■ Saved entries ■
------------

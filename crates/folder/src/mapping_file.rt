//! Files of mappings.
ghost use Rattle.std.specs.Prelude.{◌≡◌, ◌⊎◌, Some, codes, string_bytes, option_and_then, IfOk, IfSome};
ghost use Rattle.serde_json.specs.Find.{get};
ghost use Rattle.serde_json.specs.Read.{read};
ghost use Rattle.serde_json.specs.View.{view};

use doc::{DocFault, Mapping};
use serde_json::Value;
use std::alloc::{AllocError, Global};

/// A mapping that was handed in or kept: its text, and what that is as JSON.
#[derive(Drop)]
pub struct MappingFile {
    pub text: String,
    pub value: Value,
}

/// Why a text isn't that of a mapping.
#[derive(Debug, Drop)]
pub enum MappingFault {
    NotJson(serde_json::Error),
    Mapping(DocFault),
    NoMemory,
}

impl From<AllocError> for MappingFault {
    fn from(_refused: AllocError) -> MappingFault {
        MappingFault::NoMemory
    }
}

impl From<DocFault> for MappingFault {
    fn from(fault: DocFault) -> MappingFault {
        match fault {
            DocFault::NoMemory => MappingFault::NoMemory,
            fault => MappingFault::Mapping(fault),
        }
    }
}

impl MappingFile {
    /// The mapping of a text. Of the form `{"mappings":{..}}` it is the mapping inside, with a text on one line.
    pub fn read(alloc: Global, text: String) -> Result<MappingFile, MappingFault>
        ensures { IfOk result (λ m. (read (string_bytes text) ≡ Some (view m.value))
            ⊎ (option_and_then (get (codes "mappings")) (read (string_bytes text)) ≡ Some (view m.value))) }
    {
        let value = value_of(alloc, text.as_str())?;
        drop(Mapping::from_value(alloc, &value)?);
        let Some(inside) = inside(&value) else {
            return Ok(MappingFile { text, value });
        };
        Ok(MappingFile {
            text: inside.to_string(alloc)?,
            value: inside.clone()?,
        })
    }
}

fn value_of(alloc: Global, text: &str) -> Result<Value, MappingFault>
    ensures { IfOk result (λ v. read text.now ≡ Some (view v)) }
{
    match Value::from_str(alloc, text) {
        Ok(value) => Ok(value),
        Err(error) => if error.is_memory() {
            Err(MappingFault::NoMemory)
        } else {
            Err(MappingFault::NotJson(error))
        },
    }
}

/// What stands under the one key `mappings`.
fn inside(value: &Value) -> Option<&Value>
    ensures { IfSome result (λ v. get (codes "mappings") (view value.now) ≡ Some (view v.now)) }
{
    match value {
        Value::Object(members) if members.len() == 1 => value.get("mappings"),
        _ => None,
    }
}
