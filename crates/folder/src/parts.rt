//! Dumps that are written as numbered files.
ghost use Rattle.std.specs.Prelude.{◌≡◌, ◌≤◌, ◌+◌, ◌⊎◌, ◌++◌, [], length, IsTrue, IfOk};
ghost use Rattle.std.specs.Option.{option_map_or};

use crate::dumping::{DumpFault, write_operation};
use engine::Engine;
use std::alloc::AllocError;
use std::fs::File;
use std::io::Write;
use std::rt::Files;
use std::{fs, io, mem};

/// The numbered files that a dump is written to.
#[derive(Clone, Copy)]
pub struct Parts<'a> {
    /// Their folder, which is new or empty.
    pub folder: &'a str,
    /// How many bytes each of them has at most; one document that has more stands alone.
    pub bytes: u64,
}

/// Writes the documents of an engine to parts, none of which cuts the two lines of a document apart.
pub(crate) fn write_parts<R, E>(
    rt: &R,
    engine: &Engine,
    parts: Parts<'_>,
    errors: &mut E,
) -> Result<(), DumpFault>
where
    R: Files<File = File> + AllocGlobal + Clone + Drop,
    E: Write,
{
    let alloc = rt.alloc();
    make_empty(rt, parts.folder)?;
    let mut number: u64 = 1;
    let mut part = Vec::new(alloc);
    for op in &engine.last_ops(alloc)? {
        let mut lines = Vec::new(alloc);
        write_operation(alloc, engine, op, &mut lines)?;
        if let Some(full) = filled(&mut part, lines, parts.bytes)? {
            write_part(rt, parts, number, &full, errors)?;
            number = number.saturating_add(1);
        }
    }
    if !part.is_empty() {
        write_part(rt, parts, number, &part, errors)?;
    }
    Ok(())
}

/// Puts the lines of a document behind those of a part. Where there is no room for them the part is full and is handed out, and they begin the next one.
fn filled(part: &mut Vec<u8>, lines: Vec<u8>, most: u64) -> Result<Option<Vec<u8>>, AllocError>
    ensures nothing_lost { IfOk result (λ full. option_map_or (λ f. f.items) full [] ++ part.new.items ≡ part.old.items ++ lines.items) }
    ensures small { IfOk result (λ full. (length part.new.items ≤ most) ⊎ (part.new.items ≡ lines.items)) }
{
    if part.is_empty() || has_room(part, &lines, most) {
        part.extend_from_slice(&lines)?;
        return Ok(None);
    }
    Ok(Some(mem::replace(part, lines)))
}

/// Whether lines fit behind those of a part.
fn has_room(part: &[u8], lines: &[u8], most: u64) -> bool
    ensures { IsTrue result → length part.now + length lines.now ≤ most }
{
    let room = most.saturating_sub(part.len() as u64);
    lines.len() as u64 <= room && part.len() as u64 <= most
}

/// Makes a folder, or finds that it is empty.
fn make_empty<R>(rt: &R, folder: &str) -> Result<(), DumpFault>
where
    R: Files + AllocGlobal + Clone + Drop,
{
    let made = match fs::exists(rt, folder) {
        Ok(true) => first_name(rt, folder),
        Ok(false) => fs::create_dir(rt, folder).map(|()| None),
        Err(error) => Err(error),
    };
    let name = String::from_str(rt.alloc(), folder)?;
    match made {
        Ok(None) => Ok(()),
        Ok(Some(found)) => Err(DumpFault::NotEmpty(name, found)),
        Err(error) => Err(DumpFault::Folder(name, error)),
    }
}

/// A name in a folder, none where it is empty.
fn first_name<R>(rt: &R, folder: &str) -> io::Result<Option<String>>
where
    R: Files + AllocGlobal + Clone + Drop,
{
    match fs::read_dir(rt, folder)?.next() {
        Some(Ok(entry)) => Ok(Some(String::from_str(rt.alloc(), entry.file_name())?)),
        Some(Err(error)) => Err(error),
        None => Ok(None),
    }
}

/// Writes a part, and says so where it is one document that has more bytes than a part.
fn write_part<R, E>(
    rt: &R,
    parts: Parts<'_>,
    number: u64,
    part: &[u8],
    errors: &mut E,
) -> Result<(), DumpFault>
where
    R: Files<File = File> + AllocGlobal,
    E: Write,
{
    let Parts { folder, bytes } = parts;
    let path = format!(in rt.alloc(); "{folder}/part-{number:06}.ndjson")?;
    let length = part.len() as u64;
    if length > bytes {
        let _ = writeln!(
            errors,
            "indexd: {path}: its one document takes {length} bytes, more than the {bytes} of --bytes"
        );
    }
    match write_file(rt, path.as_str(), part) {
        Ok(()) => Ok(()),
        Err(error) => Err(DumpFault::Part(path, error)),
    }
}

fn write_file<R: Files<File = File>>(rt: &R, path: &str, bytes: &[u8]) -> io::Result<()> {
    let mut file = fs::create(rt, path)?;
    file.write_all(bytes)
}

------------

■ What you are asked to do ■
Scan the records for lines with the string "struct". Give the number of such lines and nothing else.

■ Answer to this problem ■
2